My sister was incredulous.
“Who hunts on Christmas?” she barked. “What’s wrong with you?”
We were on the phone, but I swear I could see her icy gaze through the fiber optics. She was disgusted that I had planned an impromptu late-season pheasant excursion to South Dakota, forgoing a day of family merriment on Jesus’ birthday. Her Irish hackles were up and on full display.
A bit terrified, I didn’t say a word, observing at least for the moment an old proverb: “Do not speak unless you can improve the silence.” I couldn’t, so I didn’t.
Over the years, I’ve used the holidays (and the time off that comes with them) to hunt in South Dakota, forgoing family and food for the Lord of the Prairie: the gaudy ringnecked pheasant. It started in the middle 1990s with Thanksgiving, when it suddenly occurred to me that getting four consecutive days off work without having to take vacation was a rare, good thing. Eventually, it became my annual tradition.
One year I conned my cousin Scott into going with me. More accurately, he conned his wife into letting him go. Well before Thanksgiving, I gave him some marital advice: “Start priming the pump now. Mention that you have this great opportunity to hunt in the pheasant capital of the world for the first time in your life, and see how she reacts. Lay it on thick.”
Scott’s wife, Kaye, is no dummy. She quickly deduced that I was the behind-the-scenes puppet master — a role I’ve exploited over the years with her husband. The upshot: Scott made the perfect pitch (OK, he begged like a small child), and we had a great time. Thanks, Kaye.
Around 2002, South Dakota lengthened its pheasant season into January. I immediately had visions of flushing ringneck pheasants dancing in my head. But skipping out on Christmas would be a thorny family negotiation. My mother has always embraced my obsession with bird hunting, although she would occasionally channel her inner Belinda Jensen and posit a few subtle hints why I shouldn’t go.
“The weather looks bad. It’s going to snow out there. Maybe you should wait a few days before you go. They’re predicting blizzard conditions. Might be better to go after Christmas.”
“I hear you, Ma. Thanks for the update.”
My younger sister was another matter. She needed finessing. “Hey, kid. How are you? I know it’s Christmas, but I’m thinking of … .”
Sparks would fly, of course. Then silence. Dead silence. So I cut a deal: As long as I was home on Christmas Eve to open presents and have the family meal, she’d agree, though never fully with her blessing.
Over the years, my Uncle Jim has been my faithful Christmas partner in crime. I’d often spend Christmas Day at his house, eating turkey and dressing with all the fixings. When I mentioned that we should take advantage of the holiday and go hunt, he was all in.
“We hate to eat and run,” he once famously said, as we loaded our gear and dogs into his truck and took off. Other years we’d skip the meal altogether and take off by midmorning. By early afternoon, we were hunting pheasants in the hinterlands of South Dakota.
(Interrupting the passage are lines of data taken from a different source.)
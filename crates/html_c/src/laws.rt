//! A law: a table in its flat form is the same table.

ghost use Rattle.std.specs.Prelude.{◌≡◌, ◌↔◌, Ok};
ghost use Rattle.html_c.specs.Vocabulary.{flat_of, IsReadable, Entities, ParseOptions, AreSameButTables, Tells, ReadsTableBytes, Told};

use charref::one_flat_table;

/// A law: what is given says the same options with the flat form of a table in the place of other bytes of that table, so every answer is the same.
pub fn a_flat_form_says_the_same()
    ensures { (given flat : Told) (table : Entities) (opts : ParseOptions) → ReadsTableBytes given.entities.now (Ok table) → IsReadable table
        → flat.entities.now ≡ flat_of table → AreSameButTables given flat → Tells given opts ↔ Tells flat opts }
{
    one_flat_table();
}
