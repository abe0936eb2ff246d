//! An input in memory, as a source.

ghost use Rattle.std.specs.Prelude.{Some};
ghost use Rattle.html_c.specs.Input.{left_in};

use hparse::Source;

/// What is left of an input. No read of it fails.
#[derive(Drop)]
pub(crate) struct Input<'a> {
    pub(crate) rest: &'a [u8],
}

impl<'a> Source for Input<'a> {
    ghost left = { λ input. Some (left_in input) };

    ghost failed = { λ input. 0 };

    fn read(&mut self, buffer: &mut [u8]) -> Option<usize> {
        let all = self.rest;
        let count = all.len().min(buffer.len());
        buffer[..count].copy_from_slice(&all[..count]);
        self.rest = &all[count..];
        Some(count)
    }

    fn failures(&self) -> u64 {
        0
    }
}
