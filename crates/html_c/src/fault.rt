//! Why a call gives nothing.

ghost use Rattle.std.specs.Prelude.{◌≡◌};
ghost use Rattle.html_c.specs.Faults.{at_of, fault_detail, refusal_number, call_fault_status};
ghost use Rattle.html_c.specs.declared.fault.CallFault.TheVariants as fault;

use names::Refusal;

/// Why a call gives nothing.
#[derive(Clone, Copy)]
pub enum CallFault {
    /// The library refuses the input, a list, the context or a limit.
    Refused(Refusal),
    /// The name of the context or a list is not UTF-8.
    NotText,
    /// A number that is given has no meaning.
    BadNumber,
    /// The library knows no options of the size that they say.
    BadSize,
}

impl From<Refusal> for CallFault {
    ghost from_gives = { λ refusal f. f ≡ fault.Refused refusal };

    fn from(refusal: Refusal) -> CallFault {
        CallFault::Refused(refusal)
    }
}

impl CallFault {
    /// Its number, that of what it names, from 1, and its byte or its line; 0 where there is none.
    pub(crate) fn told(self) -> (u32, u32, u64)
        ensures { result ≡ (call_fault_status self, fault_detail self, at_of self) }
    {
        match self {
            CallFault::Refused(refusal) => refusal_told(refusal),
            CallFault::NotText => (14, 0, 0),
            CallFault::BadNumber => (15, 0, 0),
            // 16 is of the header alone.
            CallFault::BadSize => (17, 0, 0),
        }
    }
}

/// The same of a refusal.
fn refusal_told(refusal: Refusal) -> (u32, u32, u64)
    ensures { result ≡ (refusal_number refusal, fault_detail (fault.Refused refusal), at_of (fault.Refused refusal)) }
{
    match refusal {
        Refusal::NotUtf8 { at } => (1, 0, at),
        Refusal::OutOfProfile { name, at } => (2, name as u32 + 1, at),
        Refusal::TooLarge { at } => (3, 0, at),
        Refusal::TooManyNodes { at } => (4, 0, at),
        Refusal::TooDeep { at } => (5, 0, at),
        Refusal::Memory => (6, 0, 0),
        Refusal::Read => (7, 0, 0),
        Refusal::BadContext => (8, 0, 0),
        Refusal::BadTable { cause } => (9, cause as u32 + 1, 0),
        Refusal::BadQuirks { line } => (10, 0, line),
        Refusal::BadLimits => (11, 0, 0),
        Refusal::Write => (12, 0, 0),
    }
}
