//! A page: the tree of an input, its parse errors and where its nodes came from as rows, and its HTML, by one parse.

ghost use Rattle.std.specs.Prelude.{◌≡◌, ◌≤◌, [], true, length, map, IfOk, MatchResult};
ghost use Rattle.html_c.specs.Vocabulary.{all_fit, error_row, page_answer, as_parts, put_parts, wants_told, GivesNoPage, GivesNothing, GivesPage, put_over};
ghost use Rattle.html_c.specs.Parts.{page_parts};

use crate::answer::{ErrorRow, Given, NodeRow, OriginRow, PageAnswer};
use crate::fault::CallFault;
use crate::fitted::Fitted;
use crate::room::{put_one, status};
use crate::rows::{Rows, put_origins};
use crate::tree::parse_of;
use names::ParseError;
use std::alloc::Global;

/// What is wanted of a page beside its tree.
#[derive(Clone, Copy)]
pub(crate) struct Wants {
    pub(crate) errors: bool,
    pub(crate) text: bool,
    pub(crate) origins: bool,
}

/// A page whose parts are counted, with as much of its text as has room.
#[derive(Drop)]
pub(crate) struct Page {
    pub(crate) tree: Rows,
    pub(crate) wants: Wants,
    pub(crate) text: Fitted,
}

fn wants_of(number: u32) -> Option<Wants>
    ensures { result ≡ wants_told number }
{
    if number < 8 {
        Some(Wants {
            errors: number % 2 == 1,
            text: number / 2 % 2 == 1,
            origins: number >= 4,
        })
    } else {
        None
    }
}

fn error_row(error: &ParseError) -> ErrorRow
    ensures { result ≡ error_row error.now }
{
    ErrorRow {
        at: error.at,
        code: u32::from(error.code.rank()),
    }
}

/// Writes the rows of parse errors to the beginning of a room, if they are to be written.
fn put_errors(fits: bool, errors: &[ParseError], room: &mut [ErrorRow])
    requires { fits ≡ true → length errors.now ≤ length room.old }
    ensures { room.new ≡ put_over fits (map error_row errors.now) room.old }
{
    if fits {
        let mut at = 0;
        for error in errors {
            at = put_one(error_row(error), room, at);
        }
    }
}

pub(crate) fn page_of(
    alloc: Global,
    number: u32,
    input: &[u8],
    given: &Given,
    room: usize,
) -> Result<Page, CallFault>
    ensures says { MatchResult result (λ page. GivesPage number input.now given.now (page_parts page))
        (GivesNothing given.now.size (GivesNoPage number input.now given.now)) }
    ensures room { IfOk result (λ page. page.text.room ≡ room) }
{
    let settings = given.settings(input)?;
    let Some(wants) = wants_of(number) else {
        return Err(CallFault::BadNumber);
    };
    let escaping = given.escaping()?;
    let parsed = parse_of(alloc, input, given, &settings, wants.origins)?;
    let tree = Rows::of(parsed)?;
    let mut text = Fitted::new(alloc, room);
    if wants.text {
        let answer = tree.parsed.serialize(alloc, escaping, &mut text);
        text = text.written(answer)?;
    }
    Ok(Page { tree, wants, text })
}

impl Page {
    /// Its parse errors, if they are wanted.
    fn errors(&self) -> &[ParseError]
        ensures { map error_row result.now ≡ (page_parts self.now).errors }
    {
        if self.wants.errors {
            &self.tree.parsed.errors
        } else {
            &[]
        }
    }

    /// How many rows of origins it has: as many as nodes, if they were asked for.
    fn origin_count(&self) -> usize
        ensures { result ≡ length (page_parts self.now).origins }
    {
        match &self.tree.parsed.places {
            Some(_) => self.tree.nodes,
            None => 0,
        }
    }

    /// Writes all parts to the beginnings of their rooms, if all of them fit, and answers how long they are.
    pub(crate) fn put(
        &self,
        rows: &mut [NodeRow],
        words: &mut [u8],
        errors: &mut [ErrorRow],
        text: &mut [u8],
        origins: &mut [OriginRow],
    ) -> PageAnswer
        requires { self.now.text.room ≡ length text.old }
        ensures put { as_parts rows.new words.new errors.new text.new origins.new
            ≡ put_parts (page_parts self.now) (as_parts rows.old words.old errors.old text.old origins.old) }
        ensures answer { result ≡ page_answer (all_fit (page_parts self.now) (as_parts rows.old words.old errors.old text.old origins.old))
            (page_parts self.now) }
    {
        let fits = self.tree.nodes <= rows.len()
            && self.tree.words <= words.len()
            && self.errors().len() <= errors.len()
            && self.text.count <= text.len()
            && self.origin_count() <= origins.len();
        self.tree.put(fits, rows, words);
        put_errors(fits, self.errors(), errors);
        self.text.put(fits, text);
        put_origins(fits, &self.tree.parsed, origins);
        PageAnswer {
            status: status(fits),
            detail: 0,
            at: 0,
            nodes: self.tree.nodes as u64,
            words: self.tree.words as u64,
            errors: self.errors().len() as u64,
            text: self.text.count as u64,
        }
    }
}
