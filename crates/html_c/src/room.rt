//! The caller's rooms.

ghost use Rattle.std.specs.Prelude.{◌≡◌, ◌≤◌, ◌∷◌, [], true, length, nat_le};
ghost use Rattle.html_c.specs.Vocabulary.{PutsAt, fit, parsed_rows, parsed_words, fitted_text, page_fault, fault_answer, fit_status, put_over, room_answer};

use crate::answer::{Answer, NodeRow, PageAnswer};
use crate::fault::CallFault;
use crate::fitted::Fitted;
use crate::rows::Rows;

/// The status where something does not fit.
const TOO_SHORT: u32 = 13;

pub(crate) fn status(fits: bool) -> u32
    ensures { result ≡ fit_status fits }
{
    if fits { 0 } else { TOO_SHORT }
}

/// The answer where nothing is written.
pub(crate) fn fault_answer(fault: CallFault) -> Answer
    ensures { result ≡ fault_answer fault }
{
    let (status, detail, at) = fault.told();
    Answer {
        status,
        detail,
        at,
        length: 0,
        nodes: 0,
    }
}

/// The same for a page.
pub(crate) fn page_fault(fault: CallFault) -> PageAnswer
    ensures { result ≡ page_fault fault }
{
    let (status, detail, at) = fault.told();
    PageAnswer {
        status,
        detail,
        at,
        nodes: 0,
        words: 0,
        errors: 0,
        text: 0,
    }
}

/// The answer to this many bytes and nodes, which fit or do not.
fn room_answer(fits: bool, length: usize, nodes: usize) -> Answer
    ensures { result ≡ room_answer fits length nodes }
{
    Answer {
        status: status(fits),
        detail: 0,
        at: 0,
        length: length as u64,
        nodes: nodes as u64,
    }
}

/// Puts items at a place of a room, if they fit there. Returns the place after them, or the greatest number.
#[inline(always)]
pub(crate) fn put_at<T: Copy>(items: &[T], room: &mut [T], at: usize) -> usize
    ensures { PutsAt at items.now room.old room.new result }
{
    if at <= room.len() && items.len() <= room.len() - at {
        room[at..at + items.len()].copy_from_slice(items);
    }
    at.saturating_add(items.len())
}

/// The same of one item, which is written where it is made.
#[inline(always)]
#[tactic(auto, using(crate::proofs::Puts::set_over))]
pub(crate) fn put_one<T: Copy>(item: T, room: &mut [T], at: usize) -> usize
    ensures { PutsAt at (item ∷ []) room.old room.new result }
{
    if at < room.len() {
        room[at] = item;
    }
    at.saturating_add(1)
}

/// Writes items to the beginning of a room, where all that an answer writes fits.
pub(crate) fn put<T: Copy>(fits: bool, items: &[T], room: &mut [T])
    requires { fits ≡ true → length items.now ≤ length room.old }
    ensures { room.new ≡ put_over fits items.now room.old }
{
    if fits {
        room[..items.len()].copy_from_slice(items);
    }
}

/// Writes bytes to the beginning of a room, if they fit.
pub(crate) fn put_bytes(bytes: &[u8], room: &mut [u8]) -> Answer
    ensures room { room.new ≡ put_over (nat_le (length bytes.now) (length room.old)) bytes.now room.old }
    ensures answer { result ≡ room_answer (nat_le (length bytes.now) (length room.old)) (length bytes.now) 0 }
{
    let fits = bytes.len() <= room.len();
    put(fits, bytes, room);
    room_answer(fits, bytes.len(), 0)
}

/// Writes a text to the beginning of its room, if it fits.
pub(crate) fn put_text(text: &Fitted, room: &mut [u8]) -> Answer
    requires { text.now.room ≡ length room.old }
    ensures room { room.new ≡ put_over (nat_le (length (fitted_text text.now)) (length room.old)) (fitted_text text.now) room.old }
    ensures answer { result ≡ room_answer (nat_le (length (fitted_text text.now)) (length room.old)) (length (fitted_text text.now)) 0 }
{
    let fits = text.count <= room.len();
    text.put(fits, room);
    room_answer(fits, text.count, 0)
}

/// Writes the rows and the words of a tree to the beginnings of their rooms, if all of them fit.
pub(crate) fn put_rows(tree: &Rows, rows: &mut [NodeRow], words: &mut [u8]) -> Answer
    ensures rows { rows.new ≡ put_over (fit (parsed_rows tree.now.parsed) rows.old (parsed_words tree.now.parsed) words.old)
        (parsed_rows tree.now.parsed) rows.old }
    ensures words { words.new ≡ put_over (fit (parsed_rows tree.now.parsed) rows.old (parsed_words tree.now.parsed) words.old)
        (parsed_words tree.now.parsed) words.old }
    ensures answer { result ≡ room_answer (fit (parsed_rows tree.now.parsed) rows.old (parsed_words tree.now.parsed) words.old)
        (length (parsed_words tree.now.parsed)) (length (parsed_rows tree.now.parsed)) }
{
    let fits = tree.nodes <= rows.len() && tree.words <= words.len();
    tree.put(fits, rows, words);
    room_answer(fits, tree.words, tree.nodes)
}
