//! The parser for C, over numbers and bytes alone: a text, a tree or a page of an input into the caller's memory.
//! `include/jeanzircon.h` is its header.
#![tactic(auto)]

ghost use Rattle.std.specs.Prelude.{◌≡◌};
ghost use Rattle.html_c.specs.Vocabulary.{AnswersText, AnswersTree, as_parts, AnswersPage, AnswersTable, version};

mod answer;
mod fault;
mod fitted;
mod given;
mod input;
pub mod laws;
mod page;
mod room;
mod rows;
mod text;
mod tree;

use crate::answer::{Answer, ErrorRow, Given, NodeRow, OriginRow, PageAnswer};
use crate::given::table_of;
use crate::page::page_of;
use crate::room::{fault_answer, page_fault, put_bytes, put_rows, put_text};
use crate::text::text_of;
use crate::tree::rows_of;
use std::alloc::Global;

/// Makes the text of a task of an input, and writes it to the beginning of `output` where it fits. Returns the status, which is that of the answer.
#[unsafe(no_mangle)]
pub extern "C" fn jz_text(
    alloc: Global,
    task: u32,
    input: &[u8],
    given: &Given,
    output: &mut [u8],
    answer: &mut Answer,
) -> u32
    ensures answers { AnswersText task input.now given.now output.old output.new answer.new }
    ensures status { result ≡ answer.new.status }
{
    *answer = match text_of(alloc, task, input, given, output.len()) {
        Ok(text) => put_text(&text, output),
        Err(fault) => fault_answer(fault),
    };
    answer.status
}

/// Makes the tree of an input, and writes its nodes in tree order to `rows` and their words to `words` where all
/// of them fit. Returns the status, which is that of the answer.
#[unsafe(no_mangle)]
pub extern "C" fn jz_tree(
    alloc: Global,
    input: &[u8],
    given: &Given,
    rows: &mut [NodeRow],
    words: &mut [u8],
    answer: &mut Answer,
) -> u32
    ensures answers { AnswersTree input.now given.now rows.old rows.new words.old words.new answer.new }
    ensures status { result ≡ answer.new.status }
{
    *answer = match rows_of(alloc, input, given) {
        Ok(tree) => put_rows(&tree, rows, words),
        Err(fault) => fault_answer(fault),
    };
    answer.status
}

/// Makes the tree of an input, and where they are wanted its parse errors (1) and its HTML (2), and how its nodes came to be (4), by one
/// parse; `wants` is the sum. Each part is written to the beginning of its room, where all of them fit. Returns the status, which is that of the answer.
#[unsafe(no_mangle)]
pub extern "C" fn jz_page(
    alloc: Global,
    wants: u32,
    input: &[u8],
    given: &Given,
    rows: &mut [NodeRow],
    words: &mut [u8],
    errors: &mut [ErrorRow],
    text: &mut [u8],
    origins: &mut [OriginRow],
    answer: &mut PageAnswer,
) -> u32
    ensures answers { AnswersPage wants input.now given.now (as_parts rows.old words.old errors.old text.old origins.old)
        (as_parts rows.new words.new errors.new text.new origins.new) answer.new }
    ensures status { result ≡ answer.new.status }
{
    *answer = match page_of(alloc, wants, input, given, text.len()) {
        Ok(page) => page.put(rows, words, errors, text, origins),
        Err(fault) => page_fault(fault),
    };
    answer.status
}

/// Writes the flat form of a table of character references to the beginning of `output` where it fits: of a JSON text, of a flat form, or
/// of the core table where there are no bytes. Returns the status, which is that of the answer.
#[unsafe(no_mangle)]
pub extern "C" fn jz_table(
    alloc: Global,
    entities: &[u8],
    output: &mut [u8],
    answer: &mut Answer,
) -> u32
    ensures answers { AnswersTable entities.now output.old output.new answer.new }
    ensures status { result ≡ answer.new.status }
{
    *answer = match table_of(alloc, entities, &[]) {
        Ok(table) => put_bytes(table.as_flat(), output),
        Err(fault) => fault_answer(fault),
    };
    answer.status
}

/// The version of the library as a number, `JZ_VERSION_NUMBER` of the header.
#[unsafe(no_mangle)]
pub extern "C" fn jz_version() -> u32
    ensures { result ≡ version }
{
    100
}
Driving to South Dakota in late December is one thing, and driving in South Dakota is quite another. My uncle says when you get past Worthington, it turns into Siberia. He is right. Road conditions can be treacherous. A light exhale of snow can turn into a whiteout. Ice seems to form from thin air and coat the roads. Slow, steady, white-knuckle driving is the norm. Penance, perhaps, for the sins of leaving our family on Christmas.
My conscience would occasionally fissure with guilt, although absolution was mine when the first ringneck flushed at the nose of my black Labrador. Truth is, my uncle and I had more fun hunting Christmas ringnecks than two people should be allowed.
My pheasant hunting days are over, so today I’ll spend Christmas with my family. We’re having a heavy, nontraditional meal of lasagna, Caesar salad and baguette. I’ll likely walk it off at the nearby wildlife refuge, where the unblemished tallgrass prairie sways and hisses in the wind like a grass harp. Maybe I’ll even flush a pheasant, like I have there many times before.
Either way, no more will my sister be incredulous with her brother on Christmas.